About this exercise ->
Print all entries below exactly as they appear.

Stored items ->
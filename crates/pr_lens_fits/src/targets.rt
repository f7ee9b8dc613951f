//! Texts that end earlier, with what their last item assigns as an output.

ghost use Rattle.std.specs.Prelude.{◌≡◌, ◌≤◌, ℕ, IfOk, All};
ghost use Rattle.pr_lens_source.specs.Tokens.{first_of};
ghost use Rattle.pr_lens_fits.specs.Targets.{IsShort, IsTarget, IsTargetEnd, IsWithOutput, ends_target};

use pr_lang::{Kind, Symbol};
use pr_lens_source::{Source, is_assigning};
use std::alloc::{AllocError, Global};

/// The bytes of the longest token of a text.
fn longest_token(source: &Source) -> usize
    ensures all { All (IsShort result) source.now.tokens.now }
    ensures least { (n : ℕ) → All (IsShort n) source.now.tokens.now → result ≤ n }
{
    let mut longest = 0;
    for token in source.tokens {
        longest = longest.max((token.end as usize).saturating_sub(token.start as usize));
    }
    longest
}

/// Whether a target ends before this token.
fn ends_target(kind: Kind) -> bool
    ensures { result ≡ ends_target kind }
{
    matches!(
        kind,
        Kind::Mark(Symbol::Colon) | Kind::Mark(Symbol::Assign) | Kind::End
    )
}

/// The first token from this one on before which a target ends.
fn target_end(source: &Source, first: usize) -> usize
    ensures { IsTargetEnd source.now.tokens.now first result }
{
    let mut end = first;
    while end < source.tokens.len() && !ends_target(source.kind(end)) {
        end += 1;
    }
    end
}

/// The text of the target of an assignment or a recurrence; none of another item.
fn target_of<'a>(source: &Source<'a>, item: usize) -> &'a [u8]
    ensures { let source = source.now in
        IsTarget source.text.now source.tokens.now (first_of source.tokens.now source.spans.now item) result.now }
{
    let first = source.first(item);
    if !is_assigning(source.kind(first)) {
        return &[];
    }
    let from = source.start(first.saturating_add(1));
    let to = source.start(target_end(source, first));
    if from <= to {
        &source.text[from..to]
    } else {
        &[]
    }
}

/// The text of so many items, with what the last of them assigns as an output more, under a name that has one letter more
/// than the longest token.
pub fn with_output(alloc: Global, source: &Source, items: usize) -> Result<Vec<u8>, AllocError>
    ensures { let source = source.now in IfOk result (λ whole.
        IsWithOutput source.text.now source.tokens.now source.spans.now items whole.items) }
{
    let mut text = Vec::new(alloc);
    text.extend_from_slice(source.front(items))?;
    let target = target_of(source, items.saturating_sub(1));
    if target.is_empty() {
        return Ok(text);
    }
    let letters = vec![in alloc; b'p'; longest_token(source)]?;
    text.extend_from_slice(b"\noutput ")?;
    text.extend_from_slice(&letters)?;
    text.extend_from_slice(b"p = ")?;
    text.extend_from_slice(target)?;
    text.push(b';')?;
    Ok(text)
}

Result below ->
filename crates/pr_lens_fits/src/targets.rt
repository f7ee9b8dc613951f
//! Texts that end earlier, with what their last item assigns as an output.

ghost use Rattle.std.specs.Prelude.{◌≡◌, ◌≤◌, ℕ, IfOk, All};
ghost use Rattle.pr_lens_source.specs.Tokens.{first_of};
ghost use Rattle.pr_lens_fits.specs.Targets.{IsShort, IsTarget, IsTargetEnd, IsWithOutput, ends_target};

use pr_lang::{Kind, Symbol};
use pr_lens_source::{Source, is_assigning};
use std::alloc::{AllocError, Global};

/// The bytes of the longest token of a text.
fn longest_token(source: &Source) -> usize
    ensures all { All (IsShort result) source.now.tokens.now }
    ensures least { (n : ℕ) → All (IsShort n) source.now.tokens.now → result ≤ n }
{
    let mut longest = 0;
    for token in source.tokens {
        longest = longest.max((token.end as usize).saturating_sub(token.start as usize));
    }
    longest
}

/// Whether a target ends before this token.
fn ends_target(kind: Kind) -> bool
    ensures { result ≡ ends_target kind }
{
    matches!(
        kind,
        Kind::Mark(Symbol::Colon) | Kind::Mark(Symbol::Assign) | Kind::End
    )
}

/// The first token from this one on before which a target ends.
fn target_end(source: &Source, first: usize) -> usize
    ensures { IsTargetEnd source.now.tokens.now first result }
{
    let mut end = first;
    while end < source.tokens.len() && !ends_target(source.kind(end)) {
        end += 1;
    }
    end
}

/// The text of the target of an assignment or a recurrence; none of another item.
fn target_of<'a>(source: &Source<'a>, item: usize) -> &'a [u8]
    ensures { let source = source.now in
        IsTarget source.text.now source.tokens.now (first_of source.tokens.now source.spans.now item) result.now }
{
    let first = source.first(item);
    if !is_assigning(source.kind(first)) {
        return &[];
    }
    let from = source.start(first.saturating_add(1));
    let to = source.start(target_end(source, first));
    if from <= to {
        &source.text[from..to]
    } else {
        &[]
    }
}

/// The text of so many items, with what the last of them assigns as an output more, under a name that has one letter more
/// than the longest token.
pub fn with_output(alloc: Global, source: &Source, items: usize) -> Result<Vec<u8>, AllocError>
    ensures { let source = source.now in IfOk result (λ whole.
        IsWithOutput source.text.now source.tokens.now source.spans.now items whole.items) }
{
    let mut text = Vec::new(alloc);
    text.extend_from_slice(source.front(items))?;
    let target = target_of(source, items.saturating_sub(1));
    if target.is_empty() {
        return Ok(text);
    }
    let letters = vec![in alloc; b'p'; longest_token(source)]?;
    text.extend_from_slice(b"\noutput ")?;
    text.extend_from_slice(&letters)?;
    text.extend_from_slice(b"p = ")?;
    text.extend_from_slice(target)?;
    text.push(b';')?;
    Ok(text)
}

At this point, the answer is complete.